Reproduce all of the data, making sure that no line differs from the original.

Saved data entries:
*** Begin section ***

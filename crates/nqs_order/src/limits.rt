//! Whether a queue may start one more request, as far as limits go.

ghost use Rattle.std.specs.Prelude.{◌≡◌, length, filter, nat_lt};
ghost use Rattle.std.specs.Option.{option_copied};
ghost use Rattle.nqs_state.specs.State.{content};
ghost use Rattle.nqs_rules.specs.Tests.{passes};
ghost use Rattle.nqs_rules.specs.Limits.{is_batch_queue};
ghost use Rattle.nqs_rules.specs.Order.{is_active_in, runs_in, runs_in_batch, complex_allows, batch_allows, is_within_limits};
ghost use Rattle.nqs_order.specs.Places.{is_place_within};

use nqs_base::{Name, has_name};
use nqs_state::HostState;
use nqs_types::{ComplexDef, Kind, QueueDef, Row, RowState};

// Whether the row is of the queue, and runs or is on its way.
pub(crate) fn is_active_in(row: &Row, queue: &Name) -> bool
    ensures { result ≡ is_active_in queue.now row.now }
{
    row.state != RowState::Queued && *queue == row.queue
}

pub(crate) fn runs_in(row: &Row, complex: &ComplexDef) -> bool
    ensures { result ≡ runs_in complex.now row.now }
{
    row.state == RowState::Running && has_name(complex.queues.as_slice(), &row.queue)
}

fn is_batch_queue(queue: Option<&QueueDef>) -> bool
    ensures { result ≡ passes is_batch_queue (option_copied queue.entry) }
{
    match queue {
        Some(queue) => queue.kind == Kind::Batch,
        None => false,
    }
}

pub(crate) fn runs_in_batch(state: &HostState, row: &Row) -> bool
    ensures { result ≡ runs_in_batch (content state.now) row.now }
{
    row.state == RowState::Running && is_batch_queue(state.queues.get(&row.queue))
}

/// Whether the queue isn't of the complex, or fewer requests run in the queues of the complex than
/// its limit.
pub fn complex_allows(state: &HostState, queue: &Name, complex: &ComplexDef) -> bool
    ensures { result ≡ complex_allows queue.now (content state.now) complex.now }
{
    !has_name(complex.queues.as_slice(), queue)
        || state.rows.count(|row: &Row| runs_in(row, complex)) < complex.limit as usize
}

/// Whether fewer requests run in the batch queues of the host than its global limit.
pub fn global_allows(state: &HostState) -> bool
    ensures { result ≡ nat_lt (length (filter (runs_in_batch (content state.now)) state.now.rows.items)) state.now.global_limit }
{
    state.rows.count(|row: &Row| runs_in_batch(state, row)) < state.global_limit as usize
}

fn batch_allows(state: &HostState, queue: &Name) -> bool
    ensures { result ≡ batch_allows queue.now (content state.now) }
{
    state.complexes.all(|complex: &ComplexDef| complex_allows(state, queue, complex))
        && global_allows(state)
}

/// Whether fewer requests run in the queue, or are on their way, than its run limit.
pub fn run_allows(state: &HostState, queue: &QueueDef) -> bool
    ensures { result ≡ nat_lt (length (filter (is_active_in queue.now.name) state.now.rows.items)) queue.now.run_limit }
{
    state.rows.count(|row: &Row| is_active_in(row, &queue.name)) < queue.run_limit as usize
}

pub(crate) fn is_within_limits(state: &HostState, queue: &QueueDef) -> bool
    ensures { result ≡ is_within_limits queue.now (content state.now) }
{
    run_allows(state, queue) && (queue.kind != Kind::Batch || batch_allows(state, &queue.name))
}

/// Whether the queue at this place of the host's list, from 0, may start one more request: its run
/// limit, and for a batch queue the limits of its complexes and the global one, aren't reached.
/// False where there is no such queue.
pub fn within_limits(state: &HostState, queue: usize) -> bool
    ensures { result ≡ is_place_within queue (content state.now) }
{
    match state.queues.get_at(queue) {
        Some(def) => is_within_limits(state, def),
        None => false,
    }
}
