//! Runs a schedule, read from standard input or generated, on hosts in memory, and writes to
//! standard output what is seen of each event, or a summary. A function of its words and its input:
//! the same give the same text.
#![tactic(auto)]

ghost use Rattle.std.specs.Prelude.{◌≡◌, ℕ, IfOk, drop, map, string_bytes};
ghost use Rattle.std.specs.Process.{exit_status};
ghost use Rattle.nqs_outside.specs.Streams.{sunk, fed};
ghost use Rattle.nqs_network_runs.specs.Numbers.{number_of};
ghost use Rattle.nqs_replay.specs.Exits.{Exits};

use nqs_base::Memory;
use nqs_network_runs::replay::replay;
use nqs_network_runs::status::Status;
use nqs_outside::{Sink, Source};
use nqs_real::{Reading, Writing};
use std::alloc::Global;
use std::env::Args;
use std::process::ExitCode;
use std::{env, io};

// What is printed where the words are in no form.
const USAGE: &str = "usage: nqs_replay [--summary] [--generate SEED --hosts N --events M]";

// Words that can't be had are in no form, but where memory was wanting.
fn status_of_error(error: &io::Error) -> Status {
    match Memory::of_error(error) {
        Some(memory) => Status::Memory(memory),
        None => Status::BadWords,
    }
}

// The words behind the first of these, which is the program's name.
fn after_the_name(alloc: Global, given: Args) -> Result<Vec<String>, Memory>
    ensures { IfOk result (λ words. words.items ≡ drop 1 given.rest.items) }
{
    let mut given = given;
    let _name = given.next();
    let mut words = Vec::new(alloc);
    for word in given {
        words.push(word)?;
    }
    Ok(words)
}

// The words of the command line, or the status where they can't be had.
fn words_of(rt: &HostRuntime) -> Result<Vec<String>, Status> {
    match env::args(rt) {
        Err(error) => Err(status_of_error(&error)),
        Ok(given) => match after_the_name(rt.alloc(), given) {
            Ok(words) => Ok(words),
            Err(memory) => Err(Status::Memory(memory)),
        },
    }
}

// The code with which the program exits. Bad words get the usage on standard error; where that
// fails too, the number tells.
fn exit_code(rt: &HostRuntime, status: Status) -> ExitCode
    ensures { exit_status result ≡ number_of status }
{
    if matches!(status, Status::BadWords) {
        let _ = rt.eprintln(USAGE);
    }
    ExitCode::from(status.number())
}

// Runs what the words ask for: the code is the number of how it ended.
fn replay_over<S: Source, K: Sink>(
    rt: &HostRuntime,
    words: &[String],
    source: &mut S,
    sink: &mut K,
) -> ExitCode
    ensures { Exits (map (λ s. string_bytes s) words.now) (fed S.left S.faults source.old source.new) (sunk K.taken K.faults K.stalls sink.old sink.new)
        (exit_status result) }
{
    let mut left = Vec::new(rt.alloc());
    let status = replay(rt.alloc(), words, source, sink, &mut left);
    exit_code(rt, status)
}

fn main(rt: HostRuntime) -> ExitCode {
    let words = match words_of(&rt) {
        Ok(words) => words,
        Err(status) => return exit_code(&rt, status),
    };
    let mut source = Reading::new(rt.reader());
    let mut sink = Writing::new(io::writer(&rt));
    replay_over(&rt, &words, &mut source, &mut sink)
}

*** End section ***

> _Solution_
filename crates/nqs_order/src/limits.rt
//! Whether a queue may start one more request, as far as limits go.

ghost use Rattle.std.specs.Prelude.{◌≡◌, length, filter, nat_lt};
ghost use Rattle.std.specs.Option.{option_copied};
ghost use Rattle.nqs_state.specs.State.{content};
ghost use Rattle.nqs_rules.specs.Tests.{passes};
ghost use Rattle.nqs_rules.specs.Limits.{is_batch_queue};
ghost use Rattle.nqs_rules.specs.Order.{is_active_in, runs_in, runs_in_batch, complex_allows, batch_allows, is_within_limits};
ghost use Rattle.nqs_order.specs.Places.{is_place_within};

use nqs_base::{Name, has_name};
use nqs_state::HostState;
use nqs_types::{ComplexDef, Kind, QueueDef, Row, RowState};

// Whether the row is of the queue, and runs or is on its way.
pub(crate) fn is_active_in(row: &Row, queue: &Name) -> bool
    ensures { result ≡ is_active_in queue.now row.now }
{
    row.state != RowState::Queued && *queue == row.queue
}

pub(crate) fn runs_in(row: &Row, complex: &ComplexDef) -> bool
    ensures { result ≡ runs_in complex.now row.now }
{
    row.state == RowState::Running && has_name(complex.queues.as_slice(), &row.queue)
}

fn is_batch_queue(queue: Option<&QueueDef>) -> bool
    ensures { result ≡ passes is_batch_queue (option_copied queue.entry) }
{
    match queue {
        Some(queue) => queue.kind == Kind::Batch,
        None => false,
    }
}

pub(crate) fn runs_in_batch(state: &HostState, row: &Row) -> bool
    ensures { result ≡ runs_in_batch (content state.now) row.now }
{
    row.state == RowState::Running && is_batch_queue(state.queues.get(&row.queue))
}

/// Whether the queue isn't of the complex, or fewer requests run in the queues of the complex than
/// its limit.
pub fn complex_allows(state: &HostState, queue: &Name, complex: &ComplexDef) -> bool
    ensures { result ≡ complex_allows queue.now (content state.now) complex.now }
{
    !has_name(complex.queues.as_slice(), queue)
        || state.rows.count(|row: &Row| runs_in(row, complex)) < complex.limit as usize
}

/// Whether fewer requests run in the batch queues of the host than its global limit.
pub fn global_allows(state: &HostState) -> bool
    ensures { result ≡ nat_lt (length (filter (runs_in_batch (content state.now)) state.now.rows.items)) state.now.global_limit }
{
    state.rows.count(|row: &Row| runs_in_batch(state, row)) < state.global_limit as usize
}

fn batch_allows(state: &HostState, queue: &Name) -> bool
    ensures { result ≡ batch_allows queue.now (content state.now) }
{
    state.complexes.all(|complex: &ComplexDef| complex_allows(state, queue, complex))
        && global_allows(state)
}

/// Whether fewer requests run in the queue, or are on their way, than its run limit.
pub fn run_allows(state: &HostState, queue: &QueueDef) -> bool
    ensures { result ≡ nat_lt (length (filter (is_active_in queue.now.name) state.now.rows.items)) queue.now.run_limit }
{
    state.rows.count(|row: &Row| is_active_in(row, &queue.name)) < queue.run_limit as usize
}

pub(crate) fn is_within_limits(state: &HostState, queue: &QueueDef) -> bool
    ensures { result ≡ is_within_limits queue.now (content state.now) }
{
    run_allows(state, queue) && (queue.kind != Kind::Batch || batch_allows(state, &queue.name))
}

/// Whether the queue at this place of the host's list, from 0, may start one more request: its run
/// limit, and for a batch queue the limits of its complexes and the global one, aren't reached.
/// False where there is no such queue.
pub fn within_limits(state: &HostState, queue: usize) -> bool
    ensures { result ≡ is_place_within queue (content state.now) }
{
    match state.queues.get_at(queue) {
        Some(def) => is_within_limits(state, def),
        None => false,
    }
}
//! Runs a schedule, read from standard input or generated, on hosts in memory, and writes to
//! standard output what is seen of each event, or a summary. A function of its words and its input:
//! the same give the same text.
#![tactic(auto)]

ghost use Rattle.std.specs.Prelude.{◌≡◌, ℕ, IfOk, drop, map, string_bytes};
ghost use Rattle.std.specs.Process.{exit_status};
ghost use Rattle.nqs_outside.specs.Streams.{sunk, fed};
ghost use Rattle.nqs_network_runs.specs.Numbers.{number_of};
ghost use Rattle.nqs_replay.specs.Exits.{Exits};

use nqs_base::Memory;
use nqs_network_runs::replay::replay;
use nqs_network_runs::status::Status;
use nqs_outside::{Sink, Source};
use nqs_real::{Reading, Writing};
use std::alloc::Global;
use std::env::Args;
use std::process::ExitCode;
use std::{env, io};

// What is printed where the words are in no form.
const USAGE: &str = "usage: nqs_replay [--summary] [--generate SEED --hosts N --events M]";

// Words that can't be had are in no form, but where memory was wanting.
fn status_of_error(error: &io::Error) -> Status {
    match Memory::of_error(error) {
        Some(memory) => Status::Memory(memory),
        None => Status::BadWords,
    }
}

// The words behind the first of these, which is the program's name.
fn after_the_name(alloc: Global, given: Args) -> Result<Vec<String>, Memory>
    ensures { IfOk result (λ words. words.items ≡ drop 1 given.rest.items) }
{
    let mut given = given;
    let _name = given.next();
    let mut words = Vec::new(alloc);
    for word in given {
        words.push(word)?;
    }
    Ok(words)
}

// The words of the command line, or the status where they can't be had.
fn words_of(rt: &HostRuntime) -> Result<Vec<String>, Status> {
    match env::args(rt) {
        Err(error) => Err(status_of_error(&error)),
        Ok(given) => match after_the_name(rt.alloc(), given) {
            Ok(words) => Ok(words),
            Err(memory) => Err(Status::Memory(memory)),
        },
    }
}

// The code with which the program exits. Bad words get the usage on standard error; where that
// fails too, the number tells.
fn exit_code(rt: &HostRuntime, status: Status) -> ExitCode
    ensures { exit_status result ≡ number_of status }
{
    if matches!(status, Status::BadWords) {
        let _ = rt.eprintln(USAGE);
    }
    ExitCode::from(status.number())
}

// Runs what the words ask for: the code is the number of how it ended.
fn replay_over<S: Source, K: Sink>(
    rt: &HostRuntime,
    words: &[String],
    source: &mut S,
    sink: &mut K,
) -> ExitCode
    ensures { Exits (map (λ s. string_bytes s) words.now) (fed S.left S.faults source.old source.new) (sunk K.taken K.faults K.stalls sink.old sink.new)
        (exit_status result) }
{
    let mut left = Vec::new(rt.alloc());
    let status = replay(rt.alloc(), words, source, sink, &mut left);
    exit_code(rt, status)
}

fn main(rt: HostRuntime) -> ExitCode {
    let words = match words_of(&rt) {
        Ok(words) => words,
        Err(status) => return exit_code(&rt, status),
    };
    let mut source = Reading::new(rt.reader());
    let mut sink = Writing::new(io::writer(&rt));
    replay_over(&rt, &words, &mut source, &mut sink)
}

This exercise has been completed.